(Dataset entries)
......
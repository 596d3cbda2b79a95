//! Lists of numbers, as `64,256,1024` and `16..1024`.
ghost use Rattle.std.specs.Prelude.{◌≡◌, ◌≤◌, ◌<◌, ◌^◌, IfOk, IfSome, length, map, option_map};
ghost use Rattle.bp_trace.specs.NumberLists.{cut, doubled, ends_of, has_repeats, most_listed, number_between};
ghost use Rattle.bp_trace.specs.NumberLists.{numbers_between, numbers_listed, parts_of, range_between, with_commas};

use crate::decimal::parse_number;
use std::alloc::{AllocError, Global};

/// The most numbers that a list may have.
pub const MAX_LISTED: usize = 64;

/// Returns the number that a text says, or None where it says none from `low` to `high`.
fn number_between(text: &str, low: usize, high: usize) -> Option<usize>
    ensures number { result ≡ number_between low high text.now }
    ensures most { IfSome result (λ n. n ≤ high) }
{
    let number = parse_number(text.as_bytes())? as usize;
    if low <= number && number <= high {
        Some(number)
    } else {
        None
    }
}

fn parts_of(alloc: Global, text: &str) -> Result<Vec<&str>, AllocError>
    ensures { IfOk result (λ parts. map (λ part. part.now) parts.items ≡ parts_of text.now) }
{
    text.split(',').collect(alloc)
}

/// Returns the numbers that texts say, or None where one of them says none from `low` to `high`.
fn numbers_between(
    alloc: Global,
    parts: &[&str],
    low: usize,
    high: usize,
) -> Result<Option<Vec<usize>>, AllocError>
    ensures { IfOk result (λ numbers. option_map (λ v. v.items) numbers
        ≡ numbers_between low high (map (λ part. part.now) parts.now)) }
{
    let mut numbers = Vec::new(alloc);
    for part in parts {
        let Some(number) = number_between(part, low, high) else {
            return Ok(None);
        };
        numbers.push(number)?;
    }
    Ok(Some(numbers))
}

/// Returns true if a number occurs twice.
fn has_repeats(numbers: &[usize]) -> bool
    ensures { result ≡ has_repeats numbers.now }
{
    let mut left = numbers;
    while let Some((first, later)) = left.split_first() {
        if later.contains(first) {
            return true;
        }
        left = later;
    }
    false
}

/// Returns the numbers that a text says, with commas between them. It is None where one is not from `low` to `high`, or
/// two are equal.
fn with_commas(
    alloc: Global,
    text: &str,
    low: usize,
    high: usize,
) -> Result<Option<Vec<usize>>, AllocError>
    ensures { IfOk result (λ numbers. option_map (λ v. v.items) numbers
        ≡ with_commas low high text.now) }
{
    let parts = parts_of(alloc, text)?;
    if parts.len() > MAX_LISTED {
        return Ok(None);
    }
    let Some(listed) = numbers_between(alloc, parts.as_slice(), low, high)? else {
        return Ok(None);
    };
    if has_repeats(&listed) {
        return Ok(None);
    }
    Ok(Some(listed))
}

/// Splits a text at its first dot.
fn cut(text: &str) -> Option<(&str, &str)>
    ensures { option_map (λ p. (p.0.now, p.1.now)) result ≡ cut text.now }
{
    text.split_once('.')
}

/// Splits a range at its two dots.
fn ends_of(text: &str) -> Option<(&str, &str)>
    ensures { option_map (λ p. (p.0.now, p.1.now)) result ≡ ends_of text.now }
{
    let (first, rest) = cut(text)?;
    let (between, last) = cut(rest)?;
    if between.is_empty() {
        Some((first, last))
    } else {
        None
    }
}

/// Returns the numbers from `first` on, each the double of the one before, while they are below `last`, and then
/// `last`.
fn doubled(alloc: Global, first: usize, last: usize) -> Result<Vec<usize>, AllocError>
    requires { last < 2 ^ 63 }
    ensures { IfOk result (λ numbers. numbers.items ≡ doubled most_listed first last) }
{
    let mut numbers = Vec::new(alloc);
    let mut next = first;
    for _ in 0..MAX_LISTED {
        if next >= last {
            numbers.push(last)?;
            return Ok(numbers);
        }
        numbers.push(next)?;
        next *= 2;
    }
    Ok(numbers)
}

/// Returns the numbers of a range with these ends. It is None where an end is not from `low` to `high`, the first is 0,
/// or the last is below the first.
fn range_between(
    alloc: Global,
    first: &str,
    last: &str,
    low: usize,
    high: usize,
) -> Result<Option<Vec<usize>>, AllocError>
    requires { high < 2 ^ 63 }
    ensures { IfOk result (λ numbers. option_map (λ v. v.items) numbers
        ≡ range_between low high first.now last.now) }
{
    let Some(from) = number_between(first, low, high) else {
        return Ok(None);
    };
    let Some(to) = number_between(last, low, high) else {
        return Ok(None);
    };
    if from == 0 || to < from {
        return Ok(None);
    }
    let range = doubled(alloc, from, to)?;
    Ok(Some(range))
}

/// Parses a list of different numbers, each from `low` to `high`. It is 1 to 64 numbers with commas between them, or a
/// range `FIRST..LAST`: FIRST, its double, the double of that and so on while they are below LAST, and then LAST. Each
/// number of the text has 1 to 19 decimal digits, without signs or spaces.
///
/// It is `None` where the text is no such list: it or a part is empty, a part is no number within the limits, there are
/// too many numbers, one occurs twice, FIRST is 0, or LAST is below FIRST.
pub fn numbers_listed(
    alloc: Global,
    text: &str,
    low: usize,
    high: usize,
) -> Result<Option<Vec<usize>>, AllocError>
    requires { high < 2 ^ 63 }
    ensures { IfOk result (λ numbers. option_map (λ v. v.items) numbers
        ≡ numbers_listed low high text.now) }
{
    if let Some((first, last)) = ends_of(text) {
        return range_between(alloc, first, last, low, high);
    }
    with_commas(alloc, text, low, high)
}
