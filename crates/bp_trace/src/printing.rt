//! The report of a run: lines of events, totals, and the lines of refused rows.
ghost use Rattle.std.specs.Prelude.{◌≡◌, [], IfOk, OnOk};
ghost use Rattle.std.specs.Io.KnownBytes.{Appends};
ghost use Rattle.bp_trace.specs.Totals.{totals_text};
ghost use Rattle.bp_trail.specs.Totals.{totals_of};
ghost use Rattle.bp_trace.specs.Report.{lines_after, report_text, rows_text, steps_of};

mod front;
mod kept;
mod pieces;

use crate::lines::{write_event, write_refused};
use crate::total_lines::write_totals;
use bp_scripts::Refused;
use bp_trail::{Call, Entry, Totals};
pub use kept::ReportLines;
pub use pieces::ReportRun;
use std::io;
use std::io::Write;

/// Returns the number of ticks by which a call moves the clock.
fn steps_of(call: &Call) -> u64
    ensures { result ≡ steps_of call.now }
{
    match call {
        Call::Tick(steps) => *steps,
        _ => 0,
    }
}

/// Writes the lines of the entries, and counts their replies.
fn write_events<W: Write>(entries: &[Entry], writer: &mut W) -> io::Result<Totals>
    ensures lines { OnOk result (Appends (W.contents writer.old) (W.contents writer.new)
        (lines_after [] entries.now)) }
    ensures totals { IfOk result (λ totals. totals ≡ totals_of entries.now) }
{
    // The time is wide enough for any list of entries, legal or not.
    let mut time: u128 = 1;
    let mut totals = Totals::none();
    for entry in entries {
        write_event(time, entry, writer)?;
        totals.count(&entry.reply);
        time += u128::from(steps_of(&entry.call));
    }
    Ok(totals)
}

/// Writes the report of the entries, oldest first: a line for each eviction, discard, write-out and read, and then the
/// totals.
///
/// A fault of the writer is passed on; the writer may then hold any part of the report.
pub fn report<W: Write>(entries: &[Entry], writer: &mut W) -> io::Result<()>
    ensures { OnOk result (Appends (W.contents writer.old) (W.contents writer.new)
        (report_text entries.now)) }
{
    let totals = write_events(entries, writer)?;
    write_totals(&totals, writer)
}

/// Writes only the totals of the entries.
///
/// A fault of the writer is passed on; the writer may then hold any part of the totals.
pub fn report_totals<W: Write>(entries: &[Entry], writer: &mut W) -> io::Result<()>
    ensures { OnOk result (Appends (W.contents writer.old) (W.contents writer.new)
        (totals_text (totals_of entries.now))) }
{
    let totals = Totals::of(entries);
    write_totals(&totals, writer)
}

/// Writes a line for each refused row, in the order of the list.
///
/// A fault of the writer is passed on; the writer may then hold any part of the lines.
pub fn report_rows<W: Write>(rows: &[Refused], writer: &mut W) -> io::Result<()>
    ensures { OnOk result (Appends (W.contents writer.old) (W.contents writer.new)
        (rows_text rows.now)) }
{
    for refused in rows {
        write_refused(refused, writer)?;
    }
    Ok(())
}
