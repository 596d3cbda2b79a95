//! The lines of the totals of a report: six, and one of the discards where there are any.
ghost use Rattle.std.specs.Prelude.{OnOk};
ghost use Rattle.std.specs.Io.KnownBytes.{Appends};
ghost use Rattle.bp_trace.specs.Totals.{discards_text, total_line, totals_text};

use bp_trail::Totals;
use std::io;
use std::io::Write;

/// A fault of the writer is passed on; the writer may then hold any part of the lines.
pub(crate) fn write_totals<W: Write>(totals: &Totals, writer: &mut W) -> io::Result<()>
    ensures { OnOk result (Appends (W.contents writer.old) (W.contents writer.new)
        (totals_text totals.now)) }
{
    write_total("hits", totals.hits, writer)?;
    write_total("faults", totals.faults, writer)?;
    write_total("evictions", totals.evictions, writer)?;
    write_total("writes", totals.writes, writer)?;
    write_total("failed", totals.failed, writer)?;
    write_total("refused", totals.refused, writer)?;
    write_discards(totals.discards, writer)
}

#[tactic(auto, unfolding(crate::specs::Totals::discards_text))]
fn write_discards<W: Write>(count: u64, writer: &mut W) -> io::Result<()>
    ensures { OnOk result (Appends (W.contents writer.old) (W.contents writer.new)
        (discards_text count)) }
{
    if count == 0 {
        return Ok(());
    }
    write_total("discards", count, writer)
}

#[tactic(auto, unfolding(crate::specs::Totals::total_line))]
fn write_total<W: Write>(name: &str, count: u64, writer: &mut W) -> io::Result<()>
    ensures { OnOk result (Appends (W.contents writer.old) (W.contents writer.new)
        (total_line name.now count)) }
{
    writeln!(writer, "{name} {count}")
}
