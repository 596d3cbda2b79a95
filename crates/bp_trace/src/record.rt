//! `parse_row`, which turns one record of a trace into a row.
ghost use Rattle.std.specs.Prelude.{◌≡◌, Err, OnErr};
ghost use Rattle.csv.specs.Records.{fields_of};
ghost use Rattle.bp_trace.specs.Fields.{Gives, texts_of};
ghost use Rattle.bp_trace.specs.Record.{has_extra, is_log, op_in, place_in, row_in, step_in, texts_row, write_in};

use crate::faults::InputFault;
use crate::fields::{Fields, parse_client, six_fields, wanted_bytes, wanted_number, wanted_page};
use bp_page::{Bytes, Geometry, Lsn};
use bp_scripts::{Row, Step};
use csv::ByteRecord;
use std::alloc::Global;

/// The operation of a record.
#[derive(Clone, Copy)]
pub enum Op {
    Fix,
    Unfix,
    Read,
    Flush,
    Discard,
    Write,
    Tick,
    Log,
    Purge,
}

/// Returns the operation of a word in lower case. Any other word is `BadOp`.
#[tactic(auto, unfolding(crate::specs::Record::op_in))]
pub fn parse_op(text: &[u8]) -> Result<Op, InputFault>
    ensures op { result ≡ op_in text.now }
    ensures fault { OnErr result (result ≡ Err InputFault.BadOp) }
{
    if text == b"fix".as_slice() {
        Ok(Op::Fix)
    } else if text == b"unfix".as_slice() {
        Ok(Op::Unfix)
    } else if text == b"read".as_slice() {
        Ok(Op::Read)
    } else if text == b"flush".as_slice() {
        Ok(Op::Flush)
    } else if text == b"discard".as_slice() {
        Ok(Op::Discard)
    } else if text == b"write".as_slice() {
        Ok(Op::Write)
    } else if text == b"tick".as_slice() {
        Ok(Op::Tick)
    } else if text == b"log".as_slice() {
        Ok(Op::Log)
    } else if text == b"purge".as_slice() {
        Ok(Op::Purge)
    } else {
        Err(InputFault::BadOp)
    }
}

/// Returns true for `log`, which only client 0 may ask for.
pub fn is_log(op: Op) -> bool
    ensures { result ≡ is_log op }
{
    matches!(op, Op::Log)
}

/// Returns true if a field that the operation does not use is not empty.
pub fn has_extra(op: Op, fields: &Fields<'_>) -> bool
    ensures { result ≡ has_extra op (texts_of fields.now) }
{
    match op {
        Op::Write => false,
        Op::Purge => {
            !(fields.number.is_empty()
                && fields.offset.is_empty()
                && fields.bytes.is_empty()
                && fields.lsn.is_empty())
        }
        _ => !(fields.offset.is_empty() && fields.bytes.is_empty() && fields.lsn.is_empty()),
    }
}

/// Returns a write of these bytes. It is `OutOfPage` where they do not lie within a page of the file.
fn write_at(
    geometry: &Geometry,
    page: u64,
    offset: u64,
    bytes: Bytes,
    lsn: u64,
) -> Result<Step, InputFault>
    ensures { result ≡ place_in geometry.now page offset bytes lsn }
{
    match geometry.page(page) {
        Some(page) if geometry.fits(offset as usize, bytes.bytes().len()) => Ok(Step::Write {
            page,
            offset: offset as u32,
            bytes,
            lsn: Lsn::new(lsn),
        }),
        _ => Err(InputFault::OutOfPage),
    }
}

#[tactic(auto, unfolding(crate::specs::Record::write_in))]
fn parse_write(alloc: Global, geometry: &Geometry, fields: &Fields<'_>) -> Result<Step, InputFault>
    ensures { Gives result (write_in geometry.now (texts_of fields.now)) }
{
    let page = wanted_number(fields.number)?;
    let offset = wanted_number(fields.offset)?;
    let lsn = wanted_number(fields.lsn)?;
    let bytes = wanted_bytes(alloc, fields.bytes)?;
    write_at(geometry, page, offset, bytes, lsn)
}

#[tactic(auto, unfolding(crate::specs::Record::step_in))]
fn parse_step(
    alloc: Global,
    geometry: &Geometry,
    op: Op,
    fields: &Fields<'_>,
) -> Result<Step, InputFault>
    ensures { Gives result (step_in geometry.now op (texts_of fields.now)) }
{
    match op {
        Op::Fix => Ok(Step::Fix(wanted_page(geometry, fields.number)?)),
        Op::Unfix => Ok(Step::Unfix(wanted_page(geometry, fields.number)?)),
        Op::Read => Ok(Step::Read(wanted_page(geometry, fields.number)?)),
        Op::Flush => Ok(Step::Flush(wanted_page(geometry, fields.number)?)),
        Op::Discard => Ok(Step::Discard(wanted_page(geometry, fields.number)?)),
        Op::Write => parse_write(alloc, geometry, fields),
        Op::Tick => Ok(Step::Tick(wanted_number(fields.number)?)),
        Op::Log => Ok(Step::Log(Lsn::new(wanted_number(fields.number)?))),
        Op::Purge => Ok(Step::Purge),
    }
}

/// Returns the row that six fields say, or their first fault.
#[tactic(auto, unfolding(crate::specs::Record::texts_row))]
fn parse_fields(
    alloc: Global,
    geometry: &Geometry,
    row: u64,
    fields: &Fields<'_>,
) -> Result<Row, InputFault>
    ensures { Gives result (texts_row geometry.now row (texts_of fields.now)) }
{
    let client = parse_client(fields.client)?;
    let op = parse_op(fields.op)?;
    if is_log(op) && client != 0 {
        return Err(InputFault::BadClient);
    }
    if has_extra(op, fields) {
        return Err(InputFault::BadShape);
    }
    let step = parse_step(alloc, geometry, op, fields)?;
    Ok(Row { row, client, step })
}

/// Returns the row that a record says, or its first fault. It is `OutOfMemory` where memory is refused.
#[tactic(auto, unfolding(crate::specs::Record::row_in))]
pub fn parse_row(
    alloc: Global,
    geometry: &Geometry,
    row: u64,
    raw: &ByteRecord,
) -> Result<Row, InputFault>
    ensures { Gives result (row_in geometry.now row (fields_of raw.now)) }
{
    let Some(fields) = six_fields(raw) else {
        return Err(InputFault::BadShape);
    };
    parse_fields(alloc, geometry, row, &fields)
}
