//! `parse_number`, which reads a decimal number of a trace.
ghost use Rattle.std.specs.Prelude.{◌≡◌, ◌≤◌, length};
ghost use Rattle.bp_trace.specs.Numbers.{digits_in, number_in};

const MAX_DIGITS: usize = 19;

const MAX_NUMBER: u64 = 1 << 62;

/// Returns the value of decimal digits, or None where a byte is no digit. The value of no digits is 0.
fn parse_digits(text: &[u8]) -> Option<u64>
    requires { length text.now ≤ MAX_DIGITS }
    ensures { result ≡ digits_in text.now }
{
    let mut value = 0;
    for byte in text {
        if !byte.is_ascii_digit() {
            return None;
        }
        value = value * 10 + u64::from(*byte - b'0');
    }
    Some(value)
}

/// Returns the number that a text says: 1 to 19 ASCII digits with a value of at most 2^62. Leading zeros are allowed,
/// signs and spaces are not.
#[tactic(auto, unfolding(crate::specs::Numbers::number_in))]
pub fn parse_number(text: &[u8]) -> Option<u64>
    ensures { result ≡ number_in text.now }
{
    if text.is_empty() || text.len() > MAX_DIGITS {
        return None;
    }
    parse_digits(text).filter(|value| *value <= MAX_NUMBER)
}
......
## Task to carry out
Of the entries above, repeat exactly the lines from the line with "let Some(number) = number_between(part, low, high)" through the line with "let mut left = numbers;", both of them included.

## Reply
        let Some(number) = number_between(part, low, high) else {
            return Ok(None);
        };
        numbers.push(number)?;
    }
    Ok(Some(numbers))
}

/// Returns true if a number occurs twice.
fn has_repeats(numbers: &[usize]) -> bool
    ensures { result ≡ has_repeats numbers.now }
{
    let mut left = numbers;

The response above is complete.